* Problem statement *
All of the entries need to be written out again, exactly as they are.

* Data extract *
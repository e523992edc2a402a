ghost use Rattle.std.specs.Prelude.{◌≡◌, ℕ, ◌+◌, ◌-◌, ◌<◌, ◌≤◌, ◌↔◌, ◌++◌, [], length, Some, None, Ok, Err, IsOk, IfOk};
ghost use Rattle.std.specs.Prelude.{IfErr, IfSome, OnOk, OnErr, MatchResult, IsTrue, List, Option};
ghost use Rattle.std.specs.Option.{option_copied};
ghost use Rattle.definitions.specs.Zones.{numbers, first_from};
ghost use Rattle.definitions.specs.Disk.{DiskImage, block, raised};
ghost use Rattle.definitions.specs.InfoPage.{info_of};
ghost use Rattle.plain_machine.specs.Machine.{Hardware};
ghost use Rattle.plain_machine.specs.declared.event.IdentCheck.{IdentCheck};
ghost use Rattle.plain_machine.specs.Trace.{first_map, info_in, place, place_count};
ghost use Rattle.plain_machine.specs.Chain.{map_fault};
ghost use Rattle.sector_disk.specs.Called.{Called, AtMostOneCall};
ghost use Rattle.image_read.specs.Reading.{Reading};
ghost use Rattle.image_read.specs.Kept.{kept_reading, IsKept};

use crate::area::Area;
use crate::cause::Cause;
use definitions::{BLOCKS_PER_MAP, WORDS_PER_PAGE};
use frame_sets::packing::Unpack;
use frame_sets::{Bitmap, Zones};
use image_format::info::{Ident, Info, check, counts, decode};
use image_format::{ChainFault, MapReader};
use page_core::{Format, Page};
use plain_machine::image_reads;
use sector_disk::Disk;
use std::marker::Model;
use swap_slots::FileMap;

/// The machine that an image must be of, by its zones and, if that is compared, by its identity.
#[derive(Clone, Copy)]
pub struct Expected<'a> {
    pub zones: &'a Zones,
    pub ident: Option<&'a Ident>,
}

/// What a step of a reader returns.
#[derive(Clone, Copy)]
pub enum ReadStep {
    /// A map, the info page or a number page was read. `k` steps have been made.
    More { k: u32 },
    /// The saved page of this page frame was read.
    Page { pfn: u32 },
    /// Every page of the stream had been read before.
    Done,
    /// The disk failed.
    Fault,
    /// The image can't be read.
    Refused(Cause),
}

/// A reader of an image, which reads one block a step.
#[derive(Drop)]
pub struct Reader {
    area: Area,
    format: Format,
    /// The number of blocks read.
    steps: u32,
    /// The block to read next.
    block: u32,
    /// The map that the entries are taken from.
    map: MapReader,
    /// The number of pages of the stream; 1 until the info page gives it.
    pages: u32,
    /// The number of page frames that were saved; 0 until the info page gives it.
    saved: u32,
    numbers: Unpack,
    listed: Option<u32>,
    /// No page frame whose page is still to be read is below this one.
    frame: u32,
}

impl Model for Reader {
    ghost Value = { Reading };

    ghost view = { kept_reading };

    ghost invariant = { IsKept };
}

* Solution below *
repository e523992edc2a402a
ghost use Rattle.std.specs.Prelude.{◌≡◌, ℕ, ◌+◌, ◌-◌, ◌<◌, ◌≤◌, ◌↔◌, ◌++◌, [], length, Some, None, Ok, Err, IsOk, IfOk};
ghost use Rattle.std.specs.Prelude.{IfErr, IfSome, OnOk, OnErr, MatchResult, IsTrue, List, Option};
ghost use Rattle.std.specs.Option.{option_copied};
ghost use Rattle.definitions.specs.Zones.{numbers, first_from};
ghost use Rattle.definitions.specs.Disk.{DiskImage, block, raised};
ghost use Rattle.definitions.specs.InfoPage.{info_of};
ghost use Rattle.plain_machine.specs.Machine.{Hardware};
ghost use Rattle.plain_machine.specs.declared.event.IdentCheck.{IdentCheck};
ghost use Rattle.plain_machine.specs.Trace.{first_map, info_in, place, place_count};
ghost use Rattle.plain_machine.specs.Chain.{map_fault};
ghost use Rattle.sector_disk.specs.Called.{Called, AtMostOneCall};
ghost use Rattle.image_read.specs.Reading.{Reading};
ghost use Rattle.image_read.specs.Kept.{kept_reading, IsKept};

use crate::area::Area;
use crate::cause::Cause;
use definitions::{BLOCKS_PER_MAP, WORDS_PER_PAGE};
use frame_sets::packing::Unpack;
use frame_sets::{Bitmap, Zones};
use image_format::info::{Ident, Info, check, counts, decode};
use image_format::{ChainFault, MapReader};
use page_core::{Format, Page};
use plain_machine::image_reads;
use sector_disk::Disk;
use std::marker::Model;
use swap_slots::FileMap;

/// The machine that an image must be of, by its zones and, if that is compared, by its identity.
#[derive(Clone, Copy)]
pub struct Expected<'a> {
    pub zones: &'a Zones,
    pub ident: Option<&'a Ident>,
}

/// What a step of a reader returns.
#[derive(Clone, Copy)]
pub enum ReadStep {
    /// A map, the info page or a number page was read. `k` steps have been made.
    More { k: u32 },
    /// The saved page of this page frame was read.
    Page { pfn: u32 },
    /// Every page of the stream had been read before.
    Done,
    /// The disk failed.
    Fault,
    /// The image can't be read.
    Refused(Cause),
}

/// A reader of an image, which reads one block a step.
#[derive(Drop)]
pub struct Reader {
    area: Area,
    format: Format,
    /// The number of blocks read.
    steps: u32,
    /// The block to read next.
    block: u32,
    /// The map that the entries are taken from.
    map: MapReader,
    /// The number of pages of the stream; 1 until the info page gives it.
    pages: u32,
    /// The number of page frames that were saved; 0 until the info page gives it.
    saved: u32,
    numbers: Unpack,
    listed: Option<u32>,
    /// No page frame whose page is still to be read is below this one.
    frame: u32,
}

impl Model for Reader {
    ghost Value = { Reading };

    ghost view = { kept_reading };

    ghost invariant = { IsKept };
}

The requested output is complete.